Enslaved imagine if the Vikings discovered Haight-Ashbury
KOLIBRI MEDIA/PRESS
IN AN INTERVIEW directly preceding Enslaved’s fifth livestream, bassist/vocalist Grutle Kjellson states, “Conformity has never been our thing.” That’s an understatement. Over the course of a 30-year career, the Bergen masterminds have bent black metal on their knee, snapped it like plywood and reassembled it using parts of prog, folk, krautrock and acid rock. The Otherworldly Big Band Experience honours such transcendence with suitable ambition. For one night only, experimental rockers Shaman Elephant expand Enslaved’s ranks. The nine-piece proceed to play a rarities set in front of a backdrop of eye-popping special effects.

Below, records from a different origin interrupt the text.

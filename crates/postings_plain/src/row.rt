//! A row of terms.

use nrt_base::{Key, List, Word};

/// A row of a segment that is written: its key, and the words of its text in order.
#[derive(Debug, Drop)]
pub struct TermRow {
    pub key: Key,
    pub words: List<Word>,
}
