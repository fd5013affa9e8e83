//! The postings of several segments, joined without their dead rows.

ghost use Rattle.std.specs.Prelude.{◌≡◌, ℕ, ◌<◌, ◌^◌, List, [], length, OnOk, IfOk};
ghost use Rattle.std.specs.List.{All};
ghost use Rattle.body_forms.specs.File.{HasSmallBody};
ghost use Rattle.postings_plain.specs.declared.row.TermRow.{TermRow};
ghost use Rattle.postings_plain.specs.Postings.{row_of, hits_of, HitsFitFrom, HitsFit};
ghost use Rattle.postings_plain.specs.Body.{heading_of, format_wanted};
ghost use Rattle.postings_plain.specs.Reading.{at_place};
ghost use Rattle.postings_plain.specs.Inverting.{IsPostingsFileOf};
ghost use Rattle.postings_plain.specs.Gathering.{Gathers, AreFew};
ghost use Rattle.postings_plain.specs.Joining.{renumbered, AddsHitsTo, JoinsEntries};

use crate::encoding::encode_found;
use crate::file::PostFile;
use crate::format::Format;
use crate::hits::TermHits;
use crate::inverting::Found;
use crate::postings::Postings;
use crate::term::Term;
use bytes::Bytes;
use nrt_base::NoMemory;
use std::alloc::Global;
use std::marker::Model;

// The hits of rows that have a number, under their numbers.
fn kept(alloc: Global, hits: Postings<'_>, numbers: &[Option<u32>]) -> Result<TermHits, NoMemory>
    requires ascend { (field : ℕ) × HitsFitFrom field 0 hits }
    requires below { All (λ h. row_of h < length numbers.now) hits }
    requires few { length numbers.now < 2 ^ 32 }
    ensures { IfOk result (λ kept. kept ≡ renumbered numbers.now hits.entry) }
{
    let mut hits = hits;
    let mut kept = TermHits::new(alloc);
    let mut least = 0;
    while let Some(row) = hits.next_from(least) {
        if let Some(number) = numbers[row as usize] {
            kept.push_hit(alloc, number, hits.positions())?;
        }
        least = row + 1;
    }
    Ok(kept)
}

// Adds hits to those of a term.
fn add_hits<'a>(
    alloc: Global,
    found: &mut Found<'a>,
    term: Term<'a>,
    hits: TermHits,
) -> Result<(), NoMemory>
    ensures { OnOk result (AddsHitsTo found.old found.new term.entry hits) }
{
    if hits.as_slice().is_empty() {
        return Ok(());
    }
    let had = found.entry(term)?.or_insert(TermHits::new(alloc));
    had.append(hits)
}

// Adds the hits of an entry whose rows have a number.
fn add_entry<'a>(
    alloc: Global,
    found: &mut Found<'a>,
    post: &'a PostFile,
    place: u32,
    numbers: &[Option<u32>],
) -> Result<(), NoMemory>
    requires place { place < length post.now.entries }
    requires below { All (λ e. All (λ h. row_of h < length numbers.now) (hits_of e)) post.now.entries }
    requires few { length numbers.now < 2 ^ 32 }
    ensures { OnOk result (AddsHitsTo found.old found.new (heading_of (at_place post.now.entries place))
        (renumbered numbers.now (hits_of (at_place post.now.entries place)))) }
{
    let (field, bytes, hits) = post.entry(place);
    let hits = kept(alloc, hits, numbers)?;
    add_hits(alloc, found, Term::of_entry(field, bytes), hits)
}

/// Postings that are joined, segment by segment: seen as the rows of each term so far.
#[derive(Drop)]
pub struct Joined<'a> {
    found: Found<'a>,
}

impl<'a> Model for Joined<'a> {
    ghost use Rattle.postings_plain.specs.Gathering.{FoundTerms};

    ghost Value = { FoundTerms };

    ghost view = { λ joined. joined.found.entries };
}

impl<'a> Joined<'a> {
    /// Those of no rows.
    pub fn new(alloc: Global) -> Joined<'a>
        ensures { Gathers result [] }
    {
        Joined {
            found: Found::new(alloc),
        }
    }

    /// Adds the postings of the rows that have a number, under their numbers: of a segment's live rows, behind the rows so
    /// far.
    pub fn add(
        &mut self,
        alloc: Global,
        post: &'a PostFile,
        numbers: &[Option<u32>],
    ) -> Result<(), NoMemory>
        requires below { All (λ e. All (λ h. row_of h < length numbers.now) (hits_of e))
            post.now.entries }
        requires few { length numbers.now < 2 ^ 32 }
        ensures { OnOk result (JoinsEntries self.old self.new post.now.entries numbers.now) }
    {
        for place in 0..post.terms() {
            add_entry(alloc, &mut self.found, post, place, numbers)?;
        }
        Ok(())
    }

    /// The file of the postings in this format. A body of 2^32 bytes or more is out of memory.
    pub fn encode(&self, alloc: Global, format: Format, id: &[u8; 16]) -> Result<Bytes, NoMemory>
        requires { (rows : List TermRow) × Gathers self.now rows × AreFew rows
            × (0 < length rows) }
        ensures file { IfOk result (λ bytes. (rows : List TermRow) → Gathers self.now rows
            → AreFew rows → 0 < length rows → IsPostingsFileOf format id.now rows bytes) }
        ensures small { IfOk result (HasSmallBody (format_wanted format id.now) id.now) }
    {
        encode_found(alloc, format, id, &self.found)
    }
}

The stream commences with an aptly celestial vibe, picking up where the space rock of October’s Caravans To The Outer Worlds EP left off. The tight camerawork, long fades and soft focus make guitar strings look like shining gadgets from 2001: A Space Odyssey. Spotlights gleam in the surrounding blackness like stars. Ruun II: The Epitaph proves the ideal soundtrack; its jangling acoustic guitars and echoing keyboards, as well as Grutle’s lingering cleans, add a planet’s worth of sci-fi mysticism.
Bounded By Allegiance swaps the rocket for a longship, rediscovering the Norse prog metal of 2004’s Isa. Any qualms that tonight’s line-up could prove needlessly large are thrown overboard when its seven singers hum folk melodies with the bliss of a choir. Even more awe-inspiring are the war chants that incite Havenless; finally, they’re as imposing and all-consuming as they were when howling out of Below The Lights 19 years ago.